Мишка умел читать и прочел по складам: «.. го дня…стоится…одежный карнавал».
Пожав плечами, Мишка пошел по дорожке в глубь парка.
У мусорной корзинки, заваленной разноцветными бумажными обрывками, он остановился.
Красный бумажный колпачок попался ему на глаза.
Мишка схватил колпачок и напялил на голову.
Потом склонился над лужей у дороги. Уши скрылись под колпачком, и Мишке показалось, что он чем-то похож на нового Клоуна.
Тогда он бросился к вороху бумажной мишуры и стал в ней рыться.
Вдруг он вытащил шутовской бумажный нос, прилаженный к бумажным очкам. Он примерил нос и снова посмотрелся в лужу.
Получалось неплохо: он все больше становился похож на Клоуна, а главное, нос совершенно скрыл проклятую пуговицу.
Мишка повернулся к бумажному вороху и, напевая что-то про себя, стал наряжаться.
Утром девочка сидела во дворе на скамеечке и грустила.
Кукла, Щенок и Клоун сидели рядом с ней и скучали.
Вдруг Щенок захихикал и толкнул Куклу.
— Мама! — сказала Кукла ни с того ни с сего.
Клоун перестал улыбаться.
Посреди садика, на парапете маленького фонтана, сидел Некто в красном бумажном колпаке. Уродливый нос утопал в гофрированном бумажном жабо. Плащ из разноцветных серпантинных лент покрывал фигуру незнакомца.
— Вот это да! — восхищенно прошептала Кукла.
— Да это же, это же… — захихикал Щенок.
Тут девочка повернула голову и увидела странную игрушку.
Некоторое время она внимательно ее разглядывала, затем вздохнула и отвернулась.
Тогда странный незнакомец вскочил на ноги, но поскользнулся и, нелепо взмахнув руками, колпачком вниз полетел в воду.
Раздался всплеск.
Девочка вскочила и подбежала к фонтанчику.
Бумажный колпак размок, серпантиновые ленты расплылись по воде. Девочка протянула руку и вытянула из воды странную игрушку.
Она освободила ее от размокшей бумаги, сняла уродливый шутовской нос, и Мишка, ее старый любимый Мишка с пуговицей вместо носа, с заштопанными лапами и клетчатой заплаткой, вдруг вернулся к ней.

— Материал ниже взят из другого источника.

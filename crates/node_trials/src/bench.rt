//! A bench to try a node's cache on: it checks what each call requires before it makes it.

ghost use Rattle.std.specs.Prelude.{◌≡◌, ◌+◌, ◌≤◌, ◌<◌, ℕ, Some, IfOk, IfErr, IsSome, OnOk, OnErr, length};
ghost use Rattle.sd_base.specs.Faults.{OnStop, StaysLive};
ghost use Rattle.sd_base.specs.declared.names.PageNo.{PageNo};
ghost use Rattle.sd_base.specs.declared.page_op.PageOp.{PageOp};
ghost use Rattle.frame_pool.specs.Frames.{free_count};
ghost use Rattle.page_owner.specs.declared.owners.Own.TheVariants.{Nobody};
ghost use Rattle.page_owner.specs.Owners.{owner_of};
ghost use Rattle.log_record.specs.Legal.{IsLegal};
ghost use Rattle.log_record.specs.Record.{page_op_of};
ghost use Rattle.private_log.specs.Log.{SameLog};
ghost use Rattle.node_cache.specs.Cache.{FitsCached};
ghost use Rattle.node_cache.specs.Room.{IsEntryOf};
ghost use Rattle.node_trials.specs.Bench.{IsBroken, IsReadyDevice, IsReady, IsViewed, IsWhole};

use crate::store::{MAP, NODE, PAGES, SHAPE, value};
use device_trials::WatchedDisk;
use frame_pool::Pool;
use log_record::{LogRecord, is_legal};
use node_cache::NodeCache;
use page_image::{identifier, slot};
use page_owner::{Own, Owners};
use private_log::Log;
use sd_base::{Block, DevFault, Disk, NodeId, PageNo, ReadAnswer, Value};
use space_map::{MapEntry, entry};
use std::process::Abort;

/// The port through which a test looks at the device behind the node's back.
const READER: NodeId = NodeId(2);

/// A node with its cache, and all that the calls of the cache are given.
pub(crate) struct Bench<D> {
    pub(crate) disk: D,
    pub(crate) pool: Pool,
    pub(crate) owners: Owners,
    pub(crate) cache: NodeCache,
}

/// What is left of a bench whose cache has ended.
#[derive(Drop)]
pub(crate) struct Remains<D> {
    pub(crate) disk: D,
    pub(crate) pool: Pool,
    pub(crate) owners: Owners,
}

impl<D: Disk + Drop> Bench<D> {
    /// A node with an empty cache. No page is anybody's yet.
    pub(crate) fn open(mut disk: D, pool: Pool, owners: Owners) -> Result<Bench<D>, DevFault>
        requires quiet { IsReadyDevice SHAPE NODE.0 D.told (D.state disk) }
        requires frames { 16 ≤ free_count pool }
        requires table { PAGES ≤ length owners }
        requires nobody { (x : ℕ) → owner_of owners x ≡ Nobody }
        ensures { IfOk result (λ b. IsReady SHAPE D.told (D.state b.disk) b.pool b.owners b.cache) }
    {
        let log = Log::attach(&mut disk, &SHAPE, NODE, NODE)?;
        let cache = NodeCache::new(log, NODE);
        Ok(Bench {
            disk,
            pool,
            owners,
            cache,
        })
    }
}

impl<D: Disk> Bench<D> {
    /// What the frame of a cached page holds.
    pub(crate) fn view<'a>(&'a self, rt: &impl Abort, x: PageNo) -> &'a Block
        requires { IsReady SHAPE D.told (D.state self.now.disk) self.now.pool self.now.owners self.now.cache }
        ensures { IsViewed SHAPE self.now.pool self.now.cache.pages x result.now }
    {
        assert!(rt; self.cache.has(x), "{x:?} is not cached");
        self.cache.view(&self.pool, x)
    }

    /// The map entry of a page, which stands in its map page. A map page has none.
    fn entry(&self, rt: &impl Abort, x: PageNo) -> Option<MapEntry>
        requires page { x.0 < PAGES }
        requires ready { IsReady SHAPE D.told (D.state self.now.disk) self.now.pool self.now.owners self.now.cache }
        ensures { IsEntryOf SHAPE self.now.pool self.now.cache x result }
    {
        if x.0 < SHAPE.maps {
            return None;
        }
        let map = self.view(rt, SHAPE.map_of_data(x));
        Some(entry(map, SHAPE.place_of_page(x)))
    }

    /// Makes a page cached, whose map page is cached already.
    pub(crate) fn fetch(&mut self, rt: &impl Abort, x: PageNo) -> Result<(), DevFault>
        requires ready { IsReady SHAPE D.told (D.state self.old.disk) self.old.pool self.old.owners self.old.cache }
        ensures ready { StaysLive result (IsReady SHAPE D.told (D.state self.new.disk) self.new.pool self.new.owners self.new.cache) }
        ensures broken { IfErr result (λ fault. OnStop fault (IsBroken SHAPE (D.state self.new.disk) self.new.pool self.new.owners self.new.cache)) }
        ensures node { self.new.cache.node ≡ self.old.cache.node }
        ensures same { SameLog self.old.cache.log self.new.cache.log }
        ensures tail { self.new.cache.log.tail ≡ self.old.cache.log.tail }
    {
        assert!(rt; x.0 < PAGES, "{x:?} is no page");
        let e = self.entry(rt, x);
        let owner = self.owners.state(x);
        assert!(rt; owner == Own::Nobody || owner == Own::Parked(NODE) || owner == Own::Out(NODE));
        self.cache.fetch(
            &mut self.disk,
            &SHAPE,
            &mut self.pool,
            &mut self.owners,
            x,
            e,
        )
    }

    /// Makes pages cached that can be read, one after the other.
    pub(crate) fn fetch_all(&mut self, rt: &impl Abort, pages: &[PageNo])
        requires ready { IsReady SHAPE D.told (D.state self.old.disk) self.old.pool self.old.owners self.old.cache }
        ensures ready { IsReady SHAPE D.told (D.state self.new.disk) self.new.pool self.new.owners self.new.cache }
    {
        for x in pages {
            self.fetch(rt, *x).expect(rt, "a page");
        }
    }

    /// The record of a put of slot 0 of a cached data page.
    fn record(&self, rt: &impl Abort, x: PageNo, value: Value) -> LogRecord
        requires { IsReady SHAPE D.told (D.state self.now.disk) self.now.pool self.now.owners self.now.cache }
        ensures legal { IsLegal result }
        ensures change { IsSome (page_op_of result) }
        ensures fits { (y : PageNo) (ident : ℕ) (op : PageOp) → page_op_of result ≡ Some (y, ident, op) → FitsCached self.now.pool self.now.cache.pages y ident op }
    {
        assert!(rt; x.0 >= SHAPE.maps, "{x:?} is no data page");
        let page = self.view(rt, x);
        let rec = LogRecord::Set {
            txn: 0,
            prev: 0,
            page: x,
            bsi: identifier(page),
            slot: 0,
            before: slot(page, 0),
            after: Some(value),
        };
        assert!(rt; is_legal(&rec));
        rec
    }

    /// Puts a value into slot 0 of a cached data page, and answers the number of the record.
    pub(crate) fn change(
        &mut self,
        rt: &impl Abort,
        x: PageNo,
        value: Value,
    ) -> Result<u64, DevFault>
        requires ready { IsReady SHAPE D.told (D.state self.old.disk) self.old.pool self.old.owners self.old.cache }
        ensures ready { OnOk result (IsReady SHAPE D.told (D.state self.new.disk) self.new.pool self.new.owners self.new.cache) }
        ensures broken { OnErr result (IsBroken SHAPE (D.state self.new.disk) self.new.pool self.new.owners self.new.cache) }
    {
        let rec = self.record(rt, x, value);
        assert!(rt; self.cache.log().space() > 0, "the log is full");
        self.cache.change(&mut self.disk, &mut self.pool, &rec)
    }

    /// Changes two cached data pages one after the other, and answers the numbers of the records.
    pub(crate) fn change_both(
        &mut self,
        rt: &impl Abort,
        first: PageNo,
        second: PageNo,
    ) -> Result<[u64; 2], DevFault>
        requires ready { IsReady SHAPE D.told (D.state self.old.disk) self.old.pool self.old.owners self.old.cache }
        ensures ready { OnOk result (IsReady SHAPE D.told (D.state self.new.disk) self.new.pool self.new.owners self.new.cache) }
        ensures broken { OnErr result (IsBroken SHAPE (D.state self.new.disk) self.new.pool self.new.owners self.new.cache) }
    {
        let one = self.change(rt, first, value(rt, first, 1))?;
        let two = self.change(rt, second, value(rt, second, 2))?;
        Ok([one, two])
    }

    /// Fetches the map page, and then the first data pages, each of which is changed when it has come.
    pub(crate) fn change_in_turn(&mut self, rt: &impl Abort, pages: u32)
        requires pages { pages ≤ 252 }
        requires ready { IsReady SHAPE D.told (D.state self.old.disk) self.old.pool self.old.owners self.old.cache }
        ensures ready { IsReady SHAPE D.told (D.state self.new.disk) self.new.pool self.new.owners self.new.cache }
    {
        self.fetch_all(rt, &[MAP]);
        for x in 1..pages + 1 {
            let page = PageNo(x);
            self.fetch_all(rt, &[page]);
            self.change(rt, page, value(rt, page, 7))
                .expect(rt, "a change");
        }
    }

    /// Writes a page that has changes to its block.
    pub(crate) fn flush_page(&mut self, x: PageNo) -> Result<(), DevFault>
        requires ready { IsReady SHAPE D.told (D.state self.old.disk) self.old.pool self.old.owners self.old.cache }
        ensures ready { OnOk result (IsReady SHAPE D.told (D.state self.new.disk) self.new.pool self.new.owners self.new.cache) }
        ensures broken { OnErr result (IsBroken SHAPE (D.state self.new.disk) self.new.pool self.new.owners self.new.cache) }
    {
        self.cache.flush_page(&mut self.disk, &SHAPE, &self.pool, x)
    }

    /// Writes all pages that have changes, and answers their number.
    pub(crate) fn flush_all(&mut self) -> Result<u32, DevFault>
        requires ready { IsReady SHAPE D.told (D.state self.old.disk) self.old.pool self.old.owners self.old.cache }
        ensures ready { OnOk result (IsReady SHAPE D.told (D.state self.new.disk) self.new.pool self.new.owners self.new.cache) }
        ensures broken { OnErr result (IsBroken SHAPE (D.state self.new.disk) self.new.pool self.new.owners self.new.cache) }
    {
        self.cache.flush_all(&mut self.disk, &SHAPE, &self.pool)
    }

    /// Gives up a page that the node has.
    pub(crate) fn surrender(&mut self, rt: &impl Abort, x: PageNo) -> Result<(), DevFault>
        requires ready { IsReady SHAPE D.told (D.state self.old.disk) self.old.pool self.old.owners self.old.cache }
        ensures ready { OnOk result (IsReady SHAPE D.told (D.state self.new.disk) self.new.pool self.new.owners self.new.cache) }
        ensures broken { OnErr result (IsBroken SHAPE (D.state self.new.disk) self.new.pool self.new.owners self.new.cache) }
    {
        assert!(rt; x.0 < PAGES, "{x:?} is no page");
        let owner = self.owners.state(x);
        assert!(rt; owner == Own::Parked(NODE) || owner == Own::Out(NODE));
        self.cache.surrender(&mut self.disk, &SHAPE, &mut self.pool, &mut self.owners, x)
    }

    /// Whether the block of a page holds this on the device, read through a port that isn't the node's.
    pub(crate) fn stores(&mut self, x: PageNo, content: &Block) -> bool
        requires page { x.0 < PAGES }
        requires ready { IsReady SHAPE D.told (D.state self.old.disk) self.old.pool self.old.owners self.old.cache }
        ensures ready { IsReady SHAPE D.told (D.state self.new.disk) self.new.pool self.new.owners self.new.cache }
    {
        let mut block = [0; 4096];
        self.disk.start(READER);
        let answer = self.disk.read(READER, SHAPE.page_block(x), &mut block);
        answer == ReadAnswer::Done && block == *content
    }

    /// Stops the node's port, and ends the cache.
    pub(crate) fn end(mut self, picks: u64) -> Remains<D>
        requires ready { IsReady SHAPE D.told (D.state self.disk) self.pool self.owners self.cache }
        ensures table { PAGES ≤ length result.owners }
        ensures whole { IsWhole SHAPE (D.state result.disk) }
    {
        let node = self.cache.log().node();
        self.disk.stop(node, picks);
        self.wreck()
    }

    /// Ends the cache, whose port has stopped.
    pub(crate) fn wreck(self) -> Remains<D>
        requires broken { IsBroken SHAPE (D.state self.disk) self.pool self.owners self.cache }
        ensures table { PAGES ≤ length result.owners }
        ensures whole { IsWhole SHAPE (D.state result.disk) }
    {
        let Bench {
            disk,
            mut pool,
            mut owners,
            cache,
        } = self;
        cache.wreck(&disk, &mut pool, &mut owners);
        Remains { disk, pool, owners }
    }
}

impl<D: Disk> Bench<WatchedDisk<D>> {
    /// Notes what the device is told from here on, and stops the port at a call from here on.
    pub(crate) fn watch(&mut self, stop_at: u64, picks: u64)
        requires ready { IsReady SHAPE D.told (⟦<WatchedDisk<D> as Disk>⟧.state self.old.disk) self.old.pool self.old.owners self.old.cache }
        ensures ready { IsReady SHAPE D.told (⟦<WatchedDisk<D> as Disk>⟧.state self.new.disk) self.new.pool self.new.owners self.new.cache }
    {
        self.disk.watch(stop_at, picks);
    }
}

Девочка засмеялась, прижала его к себе и поцеловала в мокрую плюшевую голову.
Щенок изо всех сил высовывал свой суконный язычок. Клоун улыбался широкой и доброй улыбкой, а Кукла вдруг так сильно покраснела, что раздулась, превратилась в красный воздушный шар, который взлетел над двором и с треском лопнул.
А может быть, не лопнул. Может быть, и не было никакого красного шара.
Может, Кукла в него вовсе не превращалась.
Может быть, Мишке это только померещилось.
Но то, что Кукла покраснела, — это точно было.
Я сам видел.
Рассказы разных лет
Рюмка коньяку
Подумать только, я — артист академического театра!
Безысходная грусть гамлетовских монологов, тесный мундир Звездича, благоуханные откровения Островского, нарядная причудливость Шварца — прощайте… Прощай, театральная школа! Да здравствует профессионализм!
«Только самые талантливые, глубоко усвоившие заветы нашего общего дорогого учителя, будут достойны пополнить славный коллектив нашего театра», — сказал главреж на выпускном балу.
И первая роль, которой я удостоился в театре, была… роль трупа сына героини в одноактной пьесе Брехта.
— Дружочек мой, — сказала мне знаменитая актриса, игравшая героиню, — когда вас вынесут, не смотрите на меня. Меня это выбивает.
И вот я лежу на вожделенной сцене, завернутый в пыльную, воняющую псиной холстину, и, плотно сжав веки, слушаю страстный, полный боли монолог знаменитой актрисы. Ее голос то отдаляется, то приближается. Временами она кричит мне прямо в ухо. Она орошает мое лицо слезами. Публика неистовствует в восторге.
Я не могу пошевелиться, не смею открыть глаза. О, если б я не так глубоко усвоил школу…
Я с гордостью ношу на груди эмблему нашего театра. Знакомые все чаще спрашивают меня, встречая на улице: «В какой пьесе вас теперь можно посмотреть?»
Я снимаю значок и начинаю пробираться в театр глухими переулками. Вдруг — о счастье! Актеры, выносящие меня на сцену, выразили протест дирекции. Они, дескать, все пожилые, а я слишком тяжелый. Меня решили заменить.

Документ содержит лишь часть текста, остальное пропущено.